Nepal Street Sellers Embrace Foreign Languages to Boost Business

Souvenir sellers working on the tourist streets of Kathmandu, Nepal, are increasingly learning foreign languages to help sell their products, according to a report in the Nepalese newspaper Republica.

The article centres around Surendra Shahim, who sells colourful artefacts in Durbar Square to tourists by uttering foreign language words to draw in potential customers. Journalist Riwaj Rai visited Shahi and discovered he trained in French at Bishwo Bhasha Campus and joined the Alliance Francaise De Katmandou to improve his skills.

“When you approach foreign tourists in their own languages, they feel excited and are more willing to listen to what you have to offer. It helps our business”, Shahi explained to Raj.

Most of the souvenir sellers in the area, occupying around 60 stalls, have a grasp of at least two foreign languages (mostly French and English) to help boost their sales and profit. Another seller described the English language as a “breadwinner”.

“We are not perfect in these languages, but we can somehow manage to communicate and they understand what we say”, said Shahi.

The demand for multiple languages
The 60 stalls in Durbar Square all sell similar products; souvenirs in the form of beads, masks and trinkets. As they are in direct competition with one another, any advantage with the consumers is welcomed and speaking multiple languages is often considered the most adaptable method.

Fellow seller Krishna Budhathoki supported Shahi’s statements by emphasising the need for foreign language skills: “It is more like a necessity to us. The ability to mutter something at least in broken English is a must in this business. Or course, it is always better if you know more languages.”

Typical tourists attracted to the area speak English, French, Spanish or Italian, while there has also been a recent increase is tourists speaking Chinese.

Price of business
This particular area of souvenir sellers found itself dwindling as the worldwide economic downturn took effect; while the cost of the materials for their products increased, the number of tourists visiting the area declined.

Shahi highlighted the issue by revealing, “There used to be 108 stalls here but now only around 60-65 are left”.

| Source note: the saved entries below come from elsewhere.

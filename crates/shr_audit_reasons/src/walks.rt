// SPDX-License-Identifier: GPL-2.0-only
//! Walks that found their groups offline.

ghost use Rattle.std.specs.Bool.{Decides};
ghost use Rattle.shr_audit_formed.specs.Each.{EachItem};
ghost use Rattle.shr_laws.specs.Parts.{EachWalk};
ghost use Rattle.shr_audit_reasons.specs.Walks.{CitesBegin};

use crate::tree::is_begin_of;
use shr_base::ends::WorkerPart;
use shr_base::walks::{WalkAnswer, WalkRecord};
use shr_laws::report::Report;

// Whether a walk that found its group offline cites its Begin.
fn walk_begins(report: &Report, walk: &WalkRecord) -> bool
    ensures { Decides result (CitesBegin report.now walk.now) }
{
    match walk.answer() {
        WalkAnswer::Offline { entry } => is_begin_of(report, entry, walk.group),
        _ => true,
    }
}

// Whether each of these walks does.
fn all_begin(report: &Report, walks: &[WalkRecord]) -> bool
    ensures { Decides result (EachItem (λ w. CitesBegin report.now w) walks.now) }
{
    for walk in walks {
        if !walk_begins(report, walk) {
            return false;
        }
    }
    true
}

// Whether each walk of each part does.
fn parts_begin(report: &Report, parts: &[WorkerPart]) -> bool
    ensures { Decides result (EachItem (λ part. EachItem
        (λ w. CitesBegin report.now w) part.walks.items) parts.now) }
{
    for part in parts {
        if !all_begin(report, part.walks.as_slice()) {
            return false;
        }
    }
    true
}

/// Whether each walk that found its group offline cites its Begin.
pub fn walks_begin(report: &Report) -> bool
    ensures { Decides result (EachWalk report.now (λ worker n w. CitesBegin report.now w)) }
{
    let all = parts_begin(report, report.workers.as_slice());
    all
}
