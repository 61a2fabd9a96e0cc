// SPDX-License-Identifier: GPL-2.0-only
//! Amounts that go up and down at keys.

ghost use Rattle.std.specs.Prelude.{◌≡◌, true, ◌↔◌, IfOk};
ghost use Rattle.shr_audit_case.specs.Moves.{IsSettled, settles};

use shr_base::memory::Memory;

/// So much goes up and down at a key.
#[derive(Clone, Copy, Debug, PartialEq, Eq)]
pub struct Move {
    pub key: u64,
    pub up: u64,
    pub down: u64,
}

// Whether what goes up in each run of one key is what goes down, modulo 2^64.
fn runs_settle(moves: &[Move]) -> bool
    ensures { result ≡ settles 0 0 0 moves.now }
{
    let mut key = 0u64;
    let mut up = 0u64;
    let mut down = 0u64;
    for m in moves {
        if m.key == key {
            up = up.wrapping_add(m.up);
            down = down.wrapping_add(m.down);
        } else {
            if up != down {
                return false;
            }
            key = m.key;
            up = m.up;
            down = m.down;
        }
    }
    up == down
}

/// Whether at each key what goes up is what goes down, modulo 2^64.
pub fn is_settled(moves: Vec<Move>) -> Result<bool, Memory>
    ensures { IfOk result (λ b. (b ≡ true) ↔ IsSettled moves.items) }
{
    let mut moves = moves;
    moves.sort_by_key(|m| m.key)?;
    Ok(runs_settle(moves.as_slice()))
}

As the sellers continue to fight back against the downturn, learning new languages will become even more essential to secure additional sales and keep tourists browsing for longer. Tourists who hear their native languages are said to be struck by curiosity and a level of appreciation that makes them more likely to make a purchase.

Professional translation
The inner-workings of the street-seller business at Durbar Square reflects the language needs of all businesses with international relations, clients and partners. The ability to work in multiple languages and approach potential the clients from around the world drastically increases a business’ chances of both competing and surviving in the market.